I think that's over!  I'm very tired, though (couldn't get to sleep until
11, and woke up at 2 with the last, umm, episode <wink>).

This is a Big Project if done right.  I volunteered time for it a few years
ago, but there wasn't enough interest then to keep it going.  I'll attach
the last publicly-distribued module I had then, solely devoted to
combinations.  It was meant to be the first in a series, all following some
basic design decisions:

+ A Basic class that doesn't compromise on speed, typically by working
  on canonical representatives in Python list-of-int form.

+ A more general class that deals with arbitrary sequences, perhaps
  at great loss of efficiency.

+ Multiple iterators are important:  lex order is needed sometimes;
  Gray code order is an enormous help sometimes; random generation is
  vital sometimes.

+ State-of-the-art algorithms.  That's a burden for anything that
  goes into the core -- if it's a toy algorithm, users can
  do just as well on their own, and then people submit patch after
  patch that the original author isn't really qualified to judge
  (else they would have done a state-of-the-art thing to begin with).
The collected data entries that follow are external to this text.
//! Layers that are copied, beside the same made anew field by field.
use crate::expect::expect;
use mvt_geometry::Ignore;
use mvt_message::*;
use std::alloc::{AllocError, Global};
use std::process::Abort;

// Layers whose fields are canonical, and whose version stands behind them: of more values than are
// compared with one another, of each kind, and of few.
pub(crate) const MANY_VALUES: [u8; 157] = [
    0x0A, 0x05, 0x72, 0x6F, 0x61, 0x64, 0x73, 0x12, 0x0F, 0x08, 0x07, 0x12, 0x04, 0x00, 0x00, 0x01,
    0x01, 0x18, 0x01, 0x22, 0x03, 0x09, 0x32, 0x22, 0x12, 0x11, 0x12, 0x04, 0x00, 0x02, 0x01, 0x03,
    0x18, 0x02, 0x22, 0x07, 0x09, 0x00, 0x00, 0x0A, 0x04, 0xAC, 0x02, 0x12, 0x16, 0x08, 0xAC, 0x02,
    0x12, 0x04, 0x00, 0x04, 0x01, 0x05, 0x18, 0x03, 0x22, 0x09, 0x09, 0x00, 0x00, 0x12, 0x04, 0x00,
    0x03, 0x04, 0x0F, 0x12, 0x0D, 0x12, 0x04, 0x00, 0x06, 0x01, 0x07, 0x18, 0x01, 0x22, 0x03, 0x09,
    0x32, 0x22, 0x12, 0x0B, 0x12, 0x02, 0x01, 0x08, 0x18, 0x01, 0x22, 0x03, 0x09, 0x01, 0x01, 0x1A,
    0x01, 0x61, 0x1A, 0x02, 0x62, 0x63, 0x22, 0x03, 0x0A, 0x01, 0x78, 0x22, 0x05, 0x15, 0x00, 0x00,
    0x80, 0x3F, 0x22, 0x09, 0x19, 0x00, 0x00, 0x00, 0x00, 0x00, 0x00, 0x00, 0x40, 0x22, 0x02, 0x20,
    0x05, 0x22, 0x03, 0x28, 0xC8, 0x01, 0x22, 0x02, 0x30, 0x09, 0x22, 0x02, 0x38, 0x01, 0x22, 0x02,
    0x38, 0x00, 0x22, 0x04, 0x0A, 0x02, 0x79, 0x79, 0x28, 0x80, 0x20, 0x78, 0x02,
];

// The first of them, with version, name and extent in front, as vt-pbf writes layers.
const EXTENT_IN_FRONT: [u8; 157] = [
    0x78, 0x02, 0x0A, 0x05, 0x72, 0x6F, 0x61, 0x64, 0x73, 0x28, 0x80, 0x20, 0x12, 0x0F, 0x08, 0x07,
    0x12, 0x04, 0x00, 0x00, 0x01, 0x01, 0x18, 0x01, 0x22, 0x03, 0x09, 0x32, 0x22, 0x12, 0x11, 0x12,
    0x04, 0x00, 0x02, 0x01, 0x03, 0x18, 0x02, 0x22, 0x07, 0x09, 0x00, 0x00, 0x0A, 0x04, 0xAC, 0x02,
    0x12, 0x16, 0x08, 0xAC, 0x02, 0x12, 0x04, 0x00, 0x04, 0x01, 0x05, 0x18, 0x03, 0x22, 0x09, 0x09,
    0x00, 0x00, 0x12, 0x04, 0x00, 0x03, 0x04, 0x0F, 0x12, 0x0D, 0x12, 0x04, 0x00, 0x06, 0x01, 0x07,
    0x18, 0x01, 0x22, 0x03, 0x09, 0x32, 0x22, 0x12, 0x0B, 0x12, 0x02, 0x01, 0x08, 0x18, 0x01, 0x22,
    0x03, 0x09, 0x01, 0x01, 0x1A, 0x01, 0x61, 0x1A, 0x02, 0x62, 0x63, 0x22, 0x03, 0x0A, 0x01, 0x78,
    0x22, 0x05, 0x15, 0x00, 0x00, 0x80, 0x3F, 0x22, 0x09, 0x19, 0x00, 0x00, 0x00, 0x00, 0x00, 0x00,
    0x00, 0x40, 0x22, 0x02, 0x20, 0x05, 0x22, 0x03, 0x28, 0xC8, 0x01, 0x22, 0x02, 0x30, 0x09, 0x22,
    0x02, 0x38, 0x01, 0x22, 0x02, 0x38, 0x00, 0x22, 0x04, 0x0A, 0x02, 0x79, 0x79,
];

// The first of them, whose last feature has an id of 0 that takes two bytes.
const LATE_ID: [u8; 160] = [
    0x0A, 0x05, 0x72, 0x6F, 0x61, 0x64, 0x73, 0x12, 0x0F, 0x08, 0x07, 0x12, 0x04, 0x00, 0x00, 0x01,
    0x01, 0x18, 0x01, 0x22, 0x03, 0x09, 0x32, 0x22, 0x12, 0x11, 0x12, 0x04, 0x00, 0x02, 0x01, 0x03,
    0x18, 0x02, 0x22, 0x07, 0x09, 0x00, 0x00, 0x0A, 0x04, 0xAC, 0x02, 0x12, 0x16, 0x08, 0xAC, 0x02,
    0x12, 0x04, 0x00, 0x04, 0x01, 0x05, 0x18, 0x03, 0x22, 0x09, 0x09, 0x00, 0x00, 0x12, 0x04, 0x00,
    0x03, 0x04, 0x0F, 0x12, 0x0D, 0x12, 0x04, 0x00, 0x06, 0x01, 0x07, 0x18, 0x01, 0x22, 0x03, 0x09,
    0x32, 0x22, 0x12, 0x0E, 0x08, 0x80, 0x00, 0x12, 0x02, 0x01, 0x08, 0x18, 0x01, 0x22, 0x03, 0x09,
    0x01, 0x01, 0x1A, 0x01, 0x61, 0x1A, 0x02, 0x62, 0x63, 0x22, 0x03, 0x0A, 0x01, 0x78, 0x22, 0x05,
    0x15, 0x00, 0x00, 0x80, 0x3F, 0x22, 0x09, 0x19, 0x00, 0x00, 0x00, 0x00, 0x00, 0x00, 0x00, 0x40,
    0x22, 0x02, 0x20, 0x05, 0x22, 0x03, 0x28, 0xC8, 0x01, 0x22, 0x02, 0x30, 0x09, 0x22, 0x02, 0x38,
    0x01, 0x22, 0x02, 0x38, 0x00, 0x22, 0x04, 0x0A, 0x02, 0x79, 0x79, 0x28, 0x80, 0x20, 0x78, 0x02,
];

pub(crate) const FEW_VALUES: [u8; 41] = [
    0x0A, 0x01, 0x62, 0x12, 0x0F, 0x08, 0x07, 0x12, 0x04, 0x00, 0x00, 0x01, 0x01, 0x18, 0x01, 0x22,
    0x03, 0x09, 0x32, 0x22, 0x1A, 0x01, 0x61, 0x1A, 0x02, 0x62, 0x63, 0x22, 0x03, 0x0A, 0x01, 0x78,
    0x22, 0x02, 0x38, 0x01, 0x28, 0x80, 0x04, 0x78, 0x02,
];

// The canonical bytes of a short payload, made field by field.
fn make_anew(alloc: Global, payload: &[u8], out: &mut Vec<u8>) -> Result<(), MessageError> {
    if payload.len() > 1000 {
        return Err(MessageError::Memory);
    }
    let mut rewriter = LayerRewriter::new(alloc, Ignore, payload.len())?;
    let visited = visit_version_2(alloc, &mut rewriter, payload, 2, 0)?;
    match rewriter.finish(visited) {
        Rewritten::Layer(layer) => {
            layer.append_head(out)?;
            out.extend_from_slice(layer.features())?;
            layer.append_tail(out)?;
        }
        Rewritten::Foreign(_) => out.extend_from_slice(payload)?,
    }
    Ok(())
}

fn rewrite_short(alloc: Global, payload: &[u8], out: &mut Vec<u8>) -> Result<(), MessageError> {
    if payload.len() > 1000 {
        return Err(MessageError::Memory);
    }
    match rewrite_item(alloc, payload, 2, 0, out) {
        Ok(_) => Ok(()),
        Err(error) => Err(error),
    }
}

// Whether both ways answer the same.
fn are_same(alloc: Global, payload: &[u8]) -> bool {
    let mut anew = Vec::new(alloc);
    let mut found = Vec::new(alloc);
    let first = make_anew(alloc, payload, &mut anew);
    let second = rewrite_short(alloc, payload, &mut found);
    first == second && (first.is_err() || anew.as_slice() == found.as_slice())
}

// The payload with its byte at an index changed in one of four ways: by its lowest bit, by one, to
// a number of a byte more, and left out.
pub(crate) fn changed(
    alloc: Global,
    payload: &[u8],
    at: usize,
    way: u8,
) -> Result<Vec<u8>, AllocError> {
    let mut bytes = Vec::new(alloc);
    for (index, byte) in payload.iter().enumerate() {
        if index != at {
            bytes.push(*byte)?;
        } else if way == 0 {
            bytes.push(*byte ^ 1)?;
        } else if way == 1 {
            bytes.push(byte.wrapping_add(1))?;
        } else if way == 2 {
            bytes.push(*byte | 0x80)?;
            bytes.push(0)?;
        }
    }
    Ok(bytes)
}

fn expect_same(rt: &(impl Abort + AllocGlobal), payload: &[u8]) {
    expect!(rt; are_same(rt.alloc(), payload));
    for at in 0..payload.len() {
        for way in 0..4u8 {
            let bytes = changed(rt.alloc(), payload, at, way).expect(rt, "a payload");
            expect!(rt; are_same(rt.alloc(), &bytes));
            drop(bytes);
        }
    }
}

#[test]
fn copies_as_it_rewrites_many(rt: HostRuntime) {
    expect_same(&rt, &MANY_VALUES);
}

#[test]
fn copies_as_it_rewrites_few(rt: HostRuntime) {
    expect_same(&rt, &FEW_VALUES);
}

// The version in front, in the middle, and twice.
#[test]
fn copies_with_the_version_elsewhere(rt: HostRuntime) {
    expect_same(&rt, b"\x78\x02\x0A\x01a\x28\x80\x20");
    expect_same(&rt, b"\x0A\x01a\x78\x02\x28\x80\x20");
    expect_same(&rt, b"\x0A\x01a\x28\x80\x20\x78\x02\x78\x02");
    expect_same(&rt, b"\x78\x02\x0A\x01a\x28\x80\x20\x78\x02");
}

// Version, name and extent in front, each in front or behind, and in other orders.
#[test]
fn copies_whatever_stands_around(rt: HostRuntime) {
    expect_same(&rt, &EXTENT_IN_FRONT);
    expect_same(&rt, b"\x0A\x01a\x28\x80\x20\x78\x02");
    expect_same(
        &rt,
        b"\x28\x80\x04\x78\x02\x0A\x01b\x12\x07\x18\x01\x22\x03\x09\x32\x22",
    );
    expect_same(
        &rt,
        b"\x0A\x01b\x78\x02\x12\x07\x18\x01\x22\x03\x09\x32\x22\x28\x80\x04",
    );
    expect_same(
        &rt,
        b"\x28\x80\x04\x0A\x01b\x12\x07\x18\x01\x22\x03\x09\x32\x22\x78\x02",
    );
    expect_same(
        &rt,
        b"\x0A\x01b\x12\x07\x18\x01\x22\x03\x09\x32\x22\x78\x02\x28\x80\x04",
    );
    expect_same(
        &rt,
        b"\x28\x80\x04\x12\x07\x18\x01\x22\x03\x09\x32\x22\x0A\x01b\x78\x02",
    );
}

// A name, an extent and a version in front and another behind, which counts, or both in front.
#[test]
fn copies_none_of_what_stands_twice(rt: HostRuntime) {
    expect_same(
        &rt,
        b"\x78\x02\x0A\x01b\x28\x80\x04\x12\x07\x18\x01\x22\x03\x09\x32\x22\x28\x80\x20",
    );
    expect_same(
        &rt,
        b"\x78\x02\x0A\x01b\x28\x80\x04\x12\x07\x18\x01\x22\x03\x09\x32\x22\x0A\x01c",
    );
    expect_same(
        &rt,
        b"\x78\x02\x0A\x01b\x28\x80\x04\x12\x07\x18\x01\x22\x03\x09\x32\x22\x78\x02",
    );
    expect_same(
        &rt,
        b"\x78\x02\x0A\x01b\x0A\x01c\x28\x80\x04\x12\x07\x18\x01\x22\x03\x09\x32\x22",
    );
    expect_same(
        &rt,
        b"\x78\x02\x28\x80\x04\x28\x80\x20\x0A\x01b\x12\x07\x18\x01\x22\x03\x09\x32\x22",
    );
}

// Keys and values behind those that the features use: both, of one kind alone, and all of them,
// where the features have no tags and where there are none.
#[test]
fn copies_but_for_what_is_unused(rt: HostRuntime) {
    expect_same(
        &rt,
        b"\x0A\x01b\x12\x0B\x12\x02\x00\x00\x18\x01\x22\x03\x09\x32\x22\
          \x1A\x01a\x1A\x02bc\x22\x03\x0A\x01x\x22\x02\x38\x01\x28\x80\x04\x78\x02",
    );
    expect_same(
        &rt,
        b"\x0A\x01b\x12\x0B\x12\x02\x00\x00\x18\x01\x22\x03\x09\x32\x22\
          \x1A\x01a\x1A\x02bc\x1A\x00\x22\x02\x38\x01\x28\x80\x04\x78\x02",
    );
    expect_same(
        &rt,
        b"\x78\x02\x0A\x01b\x12\x0B\x12\x02\x00\x00\x18\x01\x22\x03\x09\x32\x22\
          \x1A\x01a\x22\x02\x38\x01\x22\x02\x20\x05\x22\x02\x30\x05\x28\x80\x04",
    );
    expect_same(
        &rt,
        b"\x78\x02\x0A\x01b\x12\x07\x18\x01\x22\x03\x09\x32\x22\
          \x1A\x01a\x22\x02\x38\x01\x28\x80\x04",
    );
    expect_same(
        &rt,
        b"\x0A\x01b\x1A\x01a\x22\x02\x38\x01\x28\x80\x04\x78\x02",
    );
}

// An unused key before one that is used, unused keys that are the same, and unused values that are
// the same, spelled too long, and broken.
#[test]
fn copies_nothing_else_that_is_unused(rt: HostRuntime) {
    expect_same(
        &rt,
        b"\x0A\x01b\x12\x0D\x12\x04\x00\x00\x02\x01\x18\x01\x22\x03\x09\x32\x22\
          \x1A\x01a\x1A\x01b\x1A\x01c\x22\x02\x38\x01\x22\x02\x20\x05\x28\x80\x04\x78\x02",
    );
    expect_same(
        &rt,
        b"\x0A\x01b\x12\x0B\x12\x02\x00\x00\x18\x01\x22\x03\x09\x32\x22\
          \x1A\x01a\x1A\x01b\x1A\x01b\x22\x02\x38\x01\x28\x80\x04\x78\x02",
    );
    expect_same(
        &rt,
        b"\x0A\x01b\x12\x0B\x12\x02\x00\x00\x18\x01\x22\x03\x09\x32\x22\
          \x1A\x01a\x22\x02\x38\x01\x22\x02\x20\x05\x22\x02\x20\x05\x28\x80\x04\x78\x02",
    );
    expect_same(
        &rt,
        b"\x0A\x01b\x12\x0B\x12\x02\x00\x00\x18\x01\x22\x03\x09\x32\x22\
          \x1A\x01a\x22\x02\x38\x01\x22\x03\x20\x85\x00\x28\x80\x04\x78\x02",
    );
    expect_same(
        &rt,
        b"\x0A\x01b\x12\x0B\x12\x02\x00\x00\x18\x01\x22\x03\x09\x32\x22\
          \x1A\x01a\x22\x02\x38\x01\x22\x01\x38\x28\x80\x04\x78\x02",
    );
}

// What stands behind canonical features: an unused value in the middle, a value twice, and a last
// feature whose id is spelled too long.
#[test]
fn goes_on_behind_canonical_features(rt: HostRuntime) {
    expect_same(
        &rt,
        b"\x0A\x01b\x12\x0B\x12\x02\x00\x00\x18\x01\x22\x03\x09\x32\x22\
          \x12\x0B\x12\x02\x00\x02\x18\x01\x22\x03\x09\x32\x22\
          \x1A\x01a\x22\x02\x38\x01\x22\x02\x20\x05\x22\x02\x30\x05\x28\x80\x04\x78\x02",
    );
    expect_same(
        &rt,
        b"\x0A\x01b\x12\x0B\x12\x02\x00\x00\x18\x01\x22\x03\x09\x32\x22\
          \x12\x0B\x12\x02\x00\x01\x18\x01\x22\x03\x09\x32\x22\
          \x1A\x01a\x22\x02\x38\x01\x22\x02\x38\x01\x28\x80\x04\x78\x02",
    );
    expect_same(
        &rt,
        b"\x78\x02\x0A\x01b\x12\x0B\x12\x02\x00\x00\x18\x01\x22\x03\x09\x32\x22\
          \x12\x0E\x08\x81\x00\x12\x02\x00\x01\x18\x01\x22\x03\x09\x32\x22\
          \x1A\x01a\x22\x02\x38\x01\x22\x02\x20\x05\x28\x80\x04",
    );
}

// A list with room for all that is written into it.
fn roomy(rt: &(impl Abort + AllocGlobal)) -> Vec<u8> {
    Vec::with_capacity(rt.alloc(), 200).expect(rt, "room")
}

// A layer that is copied asks for memory less often than one that is made canonical behind its
// first features, and than the same made anew (tests/refusals).
fn expect_rewritten(rt: &(impl Abort + AllocGlobal), payload: &[u8]) {
    let mut out = roomy(rt);
    expect!(rt; rewrite_short(rt.alloc(), payload, &mut out).is_ok());
    expect!(rt; out.len() < 200);
    drop(out);
}

#[test]
fn asks_least_to_copy(rt: HostRuntime) {
    expect_rewritten(&rt, &MANY_VALUES);
}

#[test]
fn asks_least_with_the_extent_in_front(rt: HostRuntime) {
    expect_rewritten(&rt, &EXTENT_IN_FRONT);
}

#[test]
fn asks_more_to_go_on(rt: HostRuntime) {
    expect_rewritten(&rt, &LATE_ID);
}

#[test]
fn asks_more_to_make_anew(rt: HostRuntime) {
    let mut out = roomy(&rt);
    expect!(rt; make_anew(rt.alloc(), &MANY_VALUES, &mut out).is_ok());
    expect!(rt; out.len() < 200);
    drop(out);
}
+ The ability to override the random number generator.  Python's
  default WH generator is showing its age as machines get faster;
  it's simply not adequate anymore for long-running programs making
  heavy use of it on a fast box.  Combinatorial algorithms in
  particular do tend to make heavy use of it.  (Speaking of which,
  "someone" should look into grabbing one of the Mersenne Twister
  extensions for Python -- that's the current state of *that* art).

Ideas not worth taking:

+ Leave the chi-square algorithm out of it.  A better implementation
  would be nice to have in a statistics package, but it doesn't
  belong here regardless.

me-i'm-going-back-to-sleep-ly y'rs  - tim

--Boundary_(ID_K+WtxWU4+owRK5lyzEc5lw)
Content-type: text/plain; name=combgen.py
Content-transfer-encoding: 7BIT
Content-disposition: attachment; filename=combgen.py

# Module combgen version 0.9.1
# Released to the public domain 18-Dec-1999,
# by Tim Peters (tim_one@email.msn.com).

# Provided as-is; use at your own risk; no warranty; no promises; enjoy!

"""\
CombGen(s, k) supplies methods for generating k-combinations from s.
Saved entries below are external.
#[test]
fn refused_payloads(rt: HostRuntime) {
    let mut refused = 0u8;
    for (payload, written) in [
        (&ONE_POINT[..], &ONE_POINT[..]),
        (&TWICE_A_KEY, &ONCE_A_KEY),
    ] {
        for _turn in 0..2 {
            let is_refused = is_payload_refused(&rt, payload, written);
            refused = refused.saturating_add(u8::from(is_refused));
        }
    }
    expect!(rt; refused < 2);
}

// How often an item of another version was refused memory, which is made, copied and put.
fn foreign_refusals(rt: &(impl Abort + AllocGlobal)) -> u8 {
    let Ok(item) = foreign(rt.alloc(), 1, &FOREIGN) else {
        return 1;
    };
    // A length takes no memory.
    expect!(rt; !is_len_refused(rt, &item, 5));
    let copied = u8::from(is_copy_refused(rt, &item));
    let put = u8::from(is_put_refused(rt, &item, &FOREIGN));
    drop(item);
    copied.saturating_add(put)
}

#[test]
fn refused_foreign_items(rt: HostRuntime) {
    let first = foreign_refusals(&rt);
    let second = foreign_refusals(&rt);
    expect!(rt; first.saturating_add(second) < 2);
}
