//! Features made by hand.
use mvt_attrs::{Attribute, Value};
use mvt_base::{Items, Text};
use mvt_feature::Feature;
use mvt_geometry::{Geometry, Point};
use std::alloc::{AllocError, Global};
use std::process::Abort;

// More keys than are compared without memory.
pub(crate) const KEYS: [&str; 17] = [
    "a", "b", "c", "d", "e", "f", "g", "h", "i", "j", "k", "l", "m", "n", "o", "p", "q",
];

// The same, but the last is the first again.
pub(crate) fn repeated_keys() -> [&'static str; 17] {
    let mut keys = KEYS;
    keys[16] = "a";
    keys
}

pub(crate) fn point(alloc: Global, x: i32, y: i32) -> Result<Geometry, AllocError> {
    let points = Vec::from_slice(alloc, &[Point { x, y }])?;
    Ok(Geometry::Points(Items::new(points)))
}

// A feature with the point (25,17), and these keys with the value 5 each.
pub(crate) fn feature_with(alloc: Global, keys: &[&str]) -> Result<Feature, AllocError> {
    let mut attributes = Vec::with_capacity(alloc, keys.len())?;
    for key in keys {
        let key = Text::from_str(alloc, key)?;
        let value = Value::Uint(5);
        attributes.push(Attribute { key, value })?;
    }
    Ok(Feature {
        id: None,
        attributes: Items::new(attributes),
        geometry: point(alloc, 25, 17)?,
    })
}

// The same with memory that isn't refused.
pub(crate) fn made_with(rt: &(impl Abort + AllocGlobal), keys: &[&str]) -> Feature {
    feature_with(rt.alloc(), keys).expect(rt, "a feature")
}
CombGenBasic(n, k) acts like CombGen(range(n), k) but is more
efficient.

s is of any sequence type such that s supports catenation (s1 + s2)
and slicing (s[i:j]).  For example, s can be a list, tuple or string.

k is an integer such that 0 <= k <= len(s).
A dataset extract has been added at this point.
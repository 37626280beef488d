// What the code of both word sizes has in common: the layout of the step constants and the sub-messages in memory (specs/), and the laws of its loops
// (proofs/). There is no code here.
#![tactic(auto)]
A k-combination of s is a subsequence C of s where len(C) = k, and for
some k integers i_0, i_1, ..., i_km1 (km1 = k-1) with
0 <= i_0 < i_1 < ... < i_km1 < len(s),

    C[0] is s[i_0]
    C[1] is s[i_1]
    ...
    C[k-1] is s[i_km1]

Note that each k-combination is a sequence of the same type as s.

Different methods generate k-combinations in lexicographic index
order, a particular "Gray code" order, or at random.

The .reset() method can be used to start over.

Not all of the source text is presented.